Dataset excerpts:

===

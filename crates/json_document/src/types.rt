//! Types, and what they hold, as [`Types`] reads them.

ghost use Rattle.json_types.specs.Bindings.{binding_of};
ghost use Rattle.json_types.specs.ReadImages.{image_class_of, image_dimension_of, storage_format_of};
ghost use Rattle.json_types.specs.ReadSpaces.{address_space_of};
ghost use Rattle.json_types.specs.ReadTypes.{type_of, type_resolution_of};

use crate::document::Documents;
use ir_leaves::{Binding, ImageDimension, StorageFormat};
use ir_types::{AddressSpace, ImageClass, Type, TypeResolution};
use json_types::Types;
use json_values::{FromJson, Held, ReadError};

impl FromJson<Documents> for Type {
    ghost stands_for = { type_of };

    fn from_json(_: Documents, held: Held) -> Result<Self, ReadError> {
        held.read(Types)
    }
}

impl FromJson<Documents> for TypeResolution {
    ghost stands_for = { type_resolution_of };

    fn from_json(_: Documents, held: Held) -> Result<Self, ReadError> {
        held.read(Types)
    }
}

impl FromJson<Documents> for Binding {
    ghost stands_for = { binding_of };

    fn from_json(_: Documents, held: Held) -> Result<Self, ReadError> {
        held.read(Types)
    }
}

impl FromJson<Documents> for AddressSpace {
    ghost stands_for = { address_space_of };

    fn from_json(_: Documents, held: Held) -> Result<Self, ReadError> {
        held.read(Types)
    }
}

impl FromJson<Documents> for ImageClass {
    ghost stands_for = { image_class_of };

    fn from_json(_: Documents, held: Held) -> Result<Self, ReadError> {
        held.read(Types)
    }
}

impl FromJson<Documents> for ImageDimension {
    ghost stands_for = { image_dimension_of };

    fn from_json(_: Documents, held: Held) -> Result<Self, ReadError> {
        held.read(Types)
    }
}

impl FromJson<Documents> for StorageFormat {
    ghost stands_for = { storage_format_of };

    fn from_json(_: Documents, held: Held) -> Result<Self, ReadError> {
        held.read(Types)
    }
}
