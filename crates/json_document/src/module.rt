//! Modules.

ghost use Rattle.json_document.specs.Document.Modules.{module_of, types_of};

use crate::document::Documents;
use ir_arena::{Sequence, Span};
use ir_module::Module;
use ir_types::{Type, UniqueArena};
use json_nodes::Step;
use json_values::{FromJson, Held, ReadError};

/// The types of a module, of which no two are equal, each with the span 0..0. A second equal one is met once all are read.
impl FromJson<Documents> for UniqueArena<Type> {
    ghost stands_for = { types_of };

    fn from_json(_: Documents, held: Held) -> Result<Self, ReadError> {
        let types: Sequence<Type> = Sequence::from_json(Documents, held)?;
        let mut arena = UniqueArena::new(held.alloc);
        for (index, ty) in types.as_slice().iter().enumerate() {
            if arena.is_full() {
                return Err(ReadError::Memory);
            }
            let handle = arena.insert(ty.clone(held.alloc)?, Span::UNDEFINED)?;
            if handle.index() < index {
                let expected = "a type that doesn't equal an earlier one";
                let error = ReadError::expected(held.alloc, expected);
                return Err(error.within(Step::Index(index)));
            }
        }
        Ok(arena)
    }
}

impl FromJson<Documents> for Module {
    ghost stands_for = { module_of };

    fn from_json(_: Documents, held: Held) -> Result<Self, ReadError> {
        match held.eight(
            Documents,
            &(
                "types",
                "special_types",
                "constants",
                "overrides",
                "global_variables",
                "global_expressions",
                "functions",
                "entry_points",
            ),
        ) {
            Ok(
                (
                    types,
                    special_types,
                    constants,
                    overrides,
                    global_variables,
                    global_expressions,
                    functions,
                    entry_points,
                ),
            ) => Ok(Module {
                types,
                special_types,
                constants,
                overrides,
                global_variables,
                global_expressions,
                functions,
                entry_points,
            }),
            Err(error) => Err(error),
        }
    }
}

===

### Assigned task
Return all lines from the data that include the string "Step".

### Solution
use json_nodes::Step;
                return Err(error.within(Step::Index(index)));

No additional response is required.